Biomarkers

Background: Structural brain measures derived from magnetic resonance imaging (MRI) are commonly used to quantify Alzheimer's disease (AD) progression, though their relationships with cognitive performance are highly heterogeneous. Some individuals demonstrate greater cognitive resilience-the ability to maintain cognitive performance despite adverse brain-related changes-through as yet unknown mechanisms. We examined whether cortical thickness in specific regions confers resilience cross-sectionally and/or longitudinally by moderating the relationships between established markers of AD risk and cognitive performance in amyloid-positive adults.

Method: Amyloid-positive participants from the Alzheimer's Disease Neuroimaging Initiative (ADNI) GO/2/3 cohorts with relevant imaging data were included (n=160, observations=473). Risk markers included a validated cortical thickness/hippocampal volume AD risk signature (weighted sum of cortical thickness from 7 regions plus hippocampal volume) and cerebrospinal fluid phosphorylated tau (p-tau).
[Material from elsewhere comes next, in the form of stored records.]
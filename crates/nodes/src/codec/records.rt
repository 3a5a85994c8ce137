use crate::page::Page;
use crate::piece::{put_pieces, read_pieces};
use crate::places::fronted;
use crate::records::Record;
use crate::sizes::{FRONT_SIZE, MOST_POSTINGS, PAGE_SIZE, POSTING_SIZE};
use crate::sort::PageSort;
use numbers::BigEndian;

impl Page for Record {
    ghost use Rattle.nodes.specs.Layout.{RecordPage, record_image, RecordFits};
    ghost use Rattle.nodes.specs.Readings.{record_in};
    ghost use Rattle.nodes.specs.Meanings.{record_of};
    ghost use Rattle.nodes.specs.PageLaws.{record_long};

    ghost Value = { RecordPage };

    ghost image = { record_image };

    ghost Fits = { RecordFits };

    ghost reading = { record_in };

    ghost meaning = { record_of };

    ghost image_is_a_page = { record_long };

    fn read(page: &[u8; PAGE_SIZE]) -> Record {
        let count = usize::from(u16::read_at(page, 2)).clamp(1, MOST_POSTINGS);
        let (pieces, _) = page[FRONT_SIZE..].as_chunks::<POSTING_SIZE>();
        Record {
            next: u32::read_at(page, 4),
            postings: read_pieces(&pieces[..count]),
        }
    }

    fn encode(&self) -> [u8; PAGE_SIZE] {
        let mut page = fronted(PageSort::Record, self.postings.len() as u16, self.next);
        put_pieces(&mut page, FRONT_SIZE, self.postings.as_slice());
        page
    }
}
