use crate::free::Free;
use crate::page::Page;
use crate::places::fronted;
use crate::sizes::PAGE_SIZE;
use crate::sort::PageSort;
use numbers::BigEndian;

impl Page for Free {
    ghost use Rattle.nodes.specs.Layout.{FreePage, free_image, FreeFits};
    ghost use Rattle.nodes.specs.Readings.{free_in};
    ghost use Rattle.nodes.specs.Meanings.{free_of};
    ghost use Rattle.nodes.specs.PageLaws.{free_long};

    ghost Value = { FreePage };

    ghost image = { free_image };

    ghost Fits = { FreeFits };

    ghost reading = { free_in };

    ghost meaning = { free_of };

    ghost image_is_a_page = { free_long };

    fn read(page: &[u8; PAGE_SIZE]) -> Free {
        Free {
            next: u32::read_at(page, 4),
        }
    }

    fn encode(&self) -> [u8; PAGE_SIZE] {
        fronted(PageSort::Free, 0, self.next)
    }
}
Linear mixed effects models tested whether region-specific cortical thickness moderated relationships between these markers of AD risk and memory or executive functioning.

Result: Cross-sectionally, thicker cortex in a composite of 8 regions of interest (ROIs) minimized the negative impact of thinner cortex in AD risk signature regions on executive function performance. Higher thickness in a resilience composite of these 8 ROIs at baseline was associated with less decline in memory over time (p=0.007), independent of effects of other markers of AD risk. Moreover, higher baseline resilience composite scores weakened the negative longitudinal effects of p-tau (p=0.014), independent of the longitudinal effects of AD risk signatures and age.
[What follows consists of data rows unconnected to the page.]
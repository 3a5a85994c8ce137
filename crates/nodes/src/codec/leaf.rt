use crate::leaf::Leaf;
use crate::page::Page;
use crate::piece::{put_pieces, read_pieces};
use crate::places::fronted;
use crate::sizes::{ENTRY_SIZE, FRONT_SIZE, MOST_ENTRIES, PAGE_SIZE};
use crate::sort::PageSort;
use numbers::BigEndian;

impl Page for Leaf {
    ghost use Rattle.nodes.specs.Layout.{LeafPage, leaf_image, LeafFits};
    ghost use Rattle.nodes.specs.Readings.{leaf_in};
    ghost use Rattle.nodes.specs.Meanings.{leaf_of};
    ghost use Rattle.nodes.specs.PageLaws.{leaf_long};

    ghost Value = { LeafPage };

    ghost image = { leaf_image };

    ghost Fits = { LeafFits };

    ghost reading = { leaf_in };

    ghost meaning = { leaf_of };

    ghost image_is_a_page = { leaf_long };

    fn read(page: &[u8; PAGE_SIZE]) -> Leaf {
        let count = usize::from(u16::read_at(page, 2)).min(MOST_ENTRIES);
        let (pieces, _) = page[FRONT_SIZE..].as_chunks::<ENTRY_SIZE>();
        Leaf {
            next: u32::read_at(page, 4),
            entries: read_pieces(&pieces[..count]),
        }
    }

    fn encode(&self) -> [u8; PAGE_SIZE] {
        let mut page = fronted(PageSort::Leaf, self.entries.len() as u16, self.next);
        put_pieces(&mut page, FRONT_SIZE, self.entries.as_slice());
        page
    }
}
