use crate::piece::Piece;
use crate::sizes::POSTING_SIZE;

impl Piece<POSTING_SIZE> for u64 {
    ghost use Rattle.std.specs.Prelude.{ℕ, ◌^◌, ◌<◌};
    ghost use Rattle.numbers.specs.BigEndian.{number_of, bytes_of};

    ghost Value = { ℕ };

    ghost bytes = { bytes_of 8 };

    ghost Fits = { λ n. n < 2 ^ 64 };

    ghost reading = { number_of };

    ghost meaning = { λ n. n };

    fn read(piece: &[u8; POSTING_SIZE]) -> u64 {
        u64::from_be_bytes(*piece)
    }

    fn encode(&self) -> [u8; POSTING_SIZE] {
        self.to_be_bytes()
    }
}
Conclusion: We identified 8 cortical regions that appear to confer cognitive resilience cross-sectionally and longitudinally in the face of established indicators of AD pathology. Among amyloid-positive individuals, thicker cortex in these resilience regions was cross-sectionally associated with better executive function despite thinner cortex across established AD risk signature regions. Despite any cross-sectional association with memory, thicker cortex in resilience regions predicted slower decline in memory over time and weakened the negative effects of p-tau on memory over time. Preserved executive functioning associated with cortical thickness in these resilience ROIs may enable compensation in subsequent memory performance over time. These findings provide insight into possible mechanisms of cognitive resilience and individual variability in cognitive trajectories associated with AD.